Provided records:

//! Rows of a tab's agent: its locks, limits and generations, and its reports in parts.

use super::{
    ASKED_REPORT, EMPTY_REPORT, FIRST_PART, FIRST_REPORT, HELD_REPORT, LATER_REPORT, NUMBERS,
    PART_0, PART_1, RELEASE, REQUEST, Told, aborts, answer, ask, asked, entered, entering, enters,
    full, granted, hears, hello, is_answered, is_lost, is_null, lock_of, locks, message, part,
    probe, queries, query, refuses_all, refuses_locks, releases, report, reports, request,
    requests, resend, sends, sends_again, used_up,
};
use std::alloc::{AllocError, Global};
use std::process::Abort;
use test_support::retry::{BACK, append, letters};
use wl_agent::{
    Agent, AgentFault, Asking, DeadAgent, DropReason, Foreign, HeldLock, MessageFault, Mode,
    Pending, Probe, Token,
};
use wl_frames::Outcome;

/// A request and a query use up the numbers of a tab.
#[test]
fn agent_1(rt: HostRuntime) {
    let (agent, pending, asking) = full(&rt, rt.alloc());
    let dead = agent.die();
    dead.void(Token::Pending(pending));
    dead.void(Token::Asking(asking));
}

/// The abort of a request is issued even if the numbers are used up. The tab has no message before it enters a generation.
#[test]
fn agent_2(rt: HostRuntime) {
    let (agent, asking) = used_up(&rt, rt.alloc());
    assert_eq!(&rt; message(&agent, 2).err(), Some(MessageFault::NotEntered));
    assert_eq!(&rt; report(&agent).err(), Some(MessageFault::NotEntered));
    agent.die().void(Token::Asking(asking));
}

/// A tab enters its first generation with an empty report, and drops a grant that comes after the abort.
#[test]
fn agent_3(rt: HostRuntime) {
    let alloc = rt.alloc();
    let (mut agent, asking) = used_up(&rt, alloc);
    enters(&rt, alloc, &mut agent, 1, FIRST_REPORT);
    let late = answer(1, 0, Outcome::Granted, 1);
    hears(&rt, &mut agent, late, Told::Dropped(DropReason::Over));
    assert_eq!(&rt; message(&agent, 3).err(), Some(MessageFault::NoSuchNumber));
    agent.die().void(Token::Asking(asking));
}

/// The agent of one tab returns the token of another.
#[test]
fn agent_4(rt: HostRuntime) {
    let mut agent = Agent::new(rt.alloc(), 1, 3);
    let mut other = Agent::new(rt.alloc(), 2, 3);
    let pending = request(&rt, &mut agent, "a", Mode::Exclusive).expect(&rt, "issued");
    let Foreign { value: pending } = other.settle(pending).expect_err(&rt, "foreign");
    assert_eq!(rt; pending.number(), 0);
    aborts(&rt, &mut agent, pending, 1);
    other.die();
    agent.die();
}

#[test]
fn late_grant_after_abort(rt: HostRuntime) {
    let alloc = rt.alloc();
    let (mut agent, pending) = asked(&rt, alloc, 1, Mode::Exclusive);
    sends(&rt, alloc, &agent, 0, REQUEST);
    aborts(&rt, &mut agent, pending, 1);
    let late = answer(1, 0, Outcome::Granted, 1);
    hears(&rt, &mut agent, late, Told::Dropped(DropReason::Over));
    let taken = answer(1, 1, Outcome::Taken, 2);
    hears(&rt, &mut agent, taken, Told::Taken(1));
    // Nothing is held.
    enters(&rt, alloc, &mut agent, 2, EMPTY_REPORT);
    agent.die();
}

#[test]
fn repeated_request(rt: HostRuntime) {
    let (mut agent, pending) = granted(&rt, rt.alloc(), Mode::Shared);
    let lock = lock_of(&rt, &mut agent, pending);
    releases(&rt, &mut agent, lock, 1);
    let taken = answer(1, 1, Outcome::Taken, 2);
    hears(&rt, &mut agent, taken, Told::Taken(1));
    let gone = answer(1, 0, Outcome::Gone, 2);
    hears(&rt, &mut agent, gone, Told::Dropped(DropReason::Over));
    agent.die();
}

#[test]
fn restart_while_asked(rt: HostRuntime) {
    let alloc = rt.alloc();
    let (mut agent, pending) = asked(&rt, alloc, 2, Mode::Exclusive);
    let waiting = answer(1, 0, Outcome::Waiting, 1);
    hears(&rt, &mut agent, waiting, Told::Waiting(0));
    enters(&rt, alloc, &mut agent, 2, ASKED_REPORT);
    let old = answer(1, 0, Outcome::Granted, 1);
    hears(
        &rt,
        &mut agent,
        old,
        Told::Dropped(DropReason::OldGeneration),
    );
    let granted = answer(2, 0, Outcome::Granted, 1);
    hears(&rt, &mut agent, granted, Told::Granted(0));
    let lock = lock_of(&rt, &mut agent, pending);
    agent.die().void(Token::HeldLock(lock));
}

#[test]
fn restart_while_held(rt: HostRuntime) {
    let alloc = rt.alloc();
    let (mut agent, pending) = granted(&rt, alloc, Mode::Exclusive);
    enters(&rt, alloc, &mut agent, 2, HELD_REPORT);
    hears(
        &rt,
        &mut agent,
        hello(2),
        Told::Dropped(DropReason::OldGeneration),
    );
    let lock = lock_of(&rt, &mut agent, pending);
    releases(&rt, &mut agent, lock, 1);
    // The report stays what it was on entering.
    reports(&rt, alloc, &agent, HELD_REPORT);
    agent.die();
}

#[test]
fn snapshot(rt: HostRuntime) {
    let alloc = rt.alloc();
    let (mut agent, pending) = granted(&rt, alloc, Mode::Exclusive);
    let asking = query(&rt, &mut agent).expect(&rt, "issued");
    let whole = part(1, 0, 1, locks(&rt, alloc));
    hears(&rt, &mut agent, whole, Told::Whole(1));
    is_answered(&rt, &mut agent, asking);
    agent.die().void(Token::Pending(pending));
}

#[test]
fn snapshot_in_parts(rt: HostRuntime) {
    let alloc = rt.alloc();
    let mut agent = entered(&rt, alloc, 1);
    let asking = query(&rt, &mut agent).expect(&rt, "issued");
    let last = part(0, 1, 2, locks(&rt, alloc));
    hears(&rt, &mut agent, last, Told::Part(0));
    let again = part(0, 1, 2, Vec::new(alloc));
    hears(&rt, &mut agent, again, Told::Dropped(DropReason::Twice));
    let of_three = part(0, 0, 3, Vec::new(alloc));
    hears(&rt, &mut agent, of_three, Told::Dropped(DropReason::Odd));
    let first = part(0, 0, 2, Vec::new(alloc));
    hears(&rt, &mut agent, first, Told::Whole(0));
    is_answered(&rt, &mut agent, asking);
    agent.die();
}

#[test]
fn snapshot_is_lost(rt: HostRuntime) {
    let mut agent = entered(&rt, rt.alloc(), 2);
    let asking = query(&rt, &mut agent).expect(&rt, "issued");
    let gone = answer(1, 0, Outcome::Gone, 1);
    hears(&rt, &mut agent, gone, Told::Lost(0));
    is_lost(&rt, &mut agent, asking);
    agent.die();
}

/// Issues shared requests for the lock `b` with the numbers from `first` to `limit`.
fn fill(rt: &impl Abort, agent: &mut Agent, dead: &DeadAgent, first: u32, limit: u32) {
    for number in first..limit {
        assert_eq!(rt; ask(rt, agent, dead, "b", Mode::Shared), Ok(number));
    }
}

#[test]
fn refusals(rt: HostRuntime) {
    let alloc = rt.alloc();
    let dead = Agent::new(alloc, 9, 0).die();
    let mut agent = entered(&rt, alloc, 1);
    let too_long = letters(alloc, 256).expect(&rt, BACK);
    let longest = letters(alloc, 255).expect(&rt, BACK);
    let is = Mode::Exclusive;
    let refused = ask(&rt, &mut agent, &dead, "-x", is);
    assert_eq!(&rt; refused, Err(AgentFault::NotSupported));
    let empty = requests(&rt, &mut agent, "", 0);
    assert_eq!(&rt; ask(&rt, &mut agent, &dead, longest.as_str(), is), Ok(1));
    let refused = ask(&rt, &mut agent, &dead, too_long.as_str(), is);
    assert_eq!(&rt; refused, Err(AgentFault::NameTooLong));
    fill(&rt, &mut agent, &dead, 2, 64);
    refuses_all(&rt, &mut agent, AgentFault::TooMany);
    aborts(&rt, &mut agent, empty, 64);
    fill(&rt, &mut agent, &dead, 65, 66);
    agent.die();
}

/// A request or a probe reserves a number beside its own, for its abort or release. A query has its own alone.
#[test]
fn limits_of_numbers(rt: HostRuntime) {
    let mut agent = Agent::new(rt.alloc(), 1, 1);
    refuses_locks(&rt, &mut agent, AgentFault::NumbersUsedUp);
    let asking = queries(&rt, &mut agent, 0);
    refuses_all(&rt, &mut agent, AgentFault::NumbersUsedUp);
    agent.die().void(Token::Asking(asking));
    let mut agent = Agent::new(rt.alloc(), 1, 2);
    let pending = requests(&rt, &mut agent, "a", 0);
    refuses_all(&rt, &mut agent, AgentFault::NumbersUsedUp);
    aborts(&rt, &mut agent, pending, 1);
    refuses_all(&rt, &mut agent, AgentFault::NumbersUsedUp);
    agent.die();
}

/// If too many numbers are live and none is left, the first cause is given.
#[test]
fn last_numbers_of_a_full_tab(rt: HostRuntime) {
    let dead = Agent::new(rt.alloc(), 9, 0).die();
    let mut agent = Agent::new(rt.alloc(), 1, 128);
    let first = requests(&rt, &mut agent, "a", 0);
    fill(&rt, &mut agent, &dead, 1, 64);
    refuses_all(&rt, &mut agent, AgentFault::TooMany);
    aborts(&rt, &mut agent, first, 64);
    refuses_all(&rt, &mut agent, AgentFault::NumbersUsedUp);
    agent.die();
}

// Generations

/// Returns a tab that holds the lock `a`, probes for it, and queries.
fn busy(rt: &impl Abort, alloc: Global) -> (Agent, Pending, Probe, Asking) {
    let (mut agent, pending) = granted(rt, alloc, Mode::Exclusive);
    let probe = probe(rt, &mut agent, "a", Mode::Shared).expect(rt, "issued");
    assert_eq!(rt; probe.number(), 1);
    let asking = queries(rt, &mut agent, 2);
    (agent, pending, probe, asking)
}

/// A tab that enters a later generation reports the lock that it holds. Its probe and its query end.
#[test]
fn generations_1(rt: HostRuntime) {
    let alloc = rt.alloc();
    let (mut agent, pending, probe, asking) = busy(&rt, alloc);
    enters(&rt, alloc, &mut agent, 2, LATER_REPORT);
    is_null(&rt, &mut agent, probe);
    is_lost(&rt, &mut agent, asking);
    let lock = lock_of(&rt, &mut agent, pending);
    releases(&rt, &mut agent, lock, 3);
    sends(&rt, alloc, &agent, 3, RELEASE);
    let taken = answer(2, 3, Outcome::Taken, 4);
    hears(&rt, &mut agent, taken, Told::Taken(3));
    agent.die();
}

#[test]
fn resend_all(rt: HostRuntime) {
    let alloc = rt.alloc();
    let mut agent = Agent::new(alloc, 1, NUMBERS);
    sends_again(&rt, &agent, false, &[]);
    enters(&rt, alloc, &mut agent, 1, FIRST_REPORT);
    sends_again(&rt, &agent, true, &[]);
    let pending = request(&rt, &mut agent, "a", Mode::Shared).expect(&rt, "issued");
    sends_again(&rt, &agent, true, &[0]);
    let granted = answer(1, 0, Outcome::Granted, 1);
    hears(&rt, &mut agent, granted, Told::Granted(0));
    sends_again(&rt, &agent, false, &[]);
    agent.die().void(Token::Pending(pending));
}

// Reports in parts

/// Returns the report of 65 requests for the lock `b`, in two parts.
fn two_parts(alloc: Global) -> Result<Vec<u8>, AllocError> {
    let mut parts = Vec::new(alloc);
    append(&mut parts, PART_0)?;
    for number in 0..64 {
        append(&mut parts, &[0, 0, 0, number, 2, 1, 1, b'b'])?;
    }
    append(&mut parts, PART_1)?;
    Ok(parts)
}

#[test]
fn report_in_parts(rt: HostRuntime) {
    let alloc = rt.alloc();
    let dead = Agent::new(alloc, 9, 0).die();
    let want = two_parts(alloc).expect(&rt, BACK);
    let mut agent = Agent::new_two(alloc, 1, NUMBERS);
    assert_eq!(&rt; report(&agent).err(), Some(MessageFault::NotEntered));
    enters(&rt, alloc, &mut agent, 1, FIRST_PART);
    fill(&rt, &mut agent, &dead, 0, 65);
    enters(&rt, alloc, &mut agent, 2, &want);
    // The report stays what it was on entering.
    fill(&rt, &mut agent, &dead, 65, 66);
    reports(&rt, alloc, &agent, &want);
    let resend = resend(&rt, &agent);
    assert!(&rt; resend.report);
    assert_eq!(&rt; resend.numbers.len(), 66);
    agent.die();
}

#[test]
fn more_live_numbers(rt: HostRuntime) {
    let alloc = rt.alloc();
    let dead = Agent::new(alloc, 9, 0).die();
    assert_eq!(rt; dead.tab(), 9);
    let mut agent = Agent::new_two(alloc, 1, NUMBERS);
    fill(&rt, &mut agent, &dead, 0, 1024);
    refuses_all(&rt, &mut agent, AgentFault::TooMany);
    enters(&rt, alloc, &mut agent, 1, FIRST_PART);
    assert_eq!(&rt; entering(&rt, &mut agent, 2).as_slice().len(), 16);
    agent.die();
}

Exercise objective:
Among the records above, only the lines between the line holding "message(&agent, 2).err(), Some(MessageFault::NotEntered));" and the line holding "let (mut agent, asking)", inclusive, are to be output, exactly as written.

Final answer:
    assert_eq!(&rt; message(&agent, 2).err(), Some(MessageFault::NotEntered));
    assert_eq!(&rt; report(&agent).err(), Some(MessageFault::NotEntered));
    agent.die().void(Token::Asking(asking));
}

/// A tab enters its first generation with an empty report, and drops a grant that comes after the abort.
#[test]
fn agent_3(rt: HostRuntime) {
    let alloc = rt.alloc();
    let (mut agent, asking) = used_up(&rt, alloc);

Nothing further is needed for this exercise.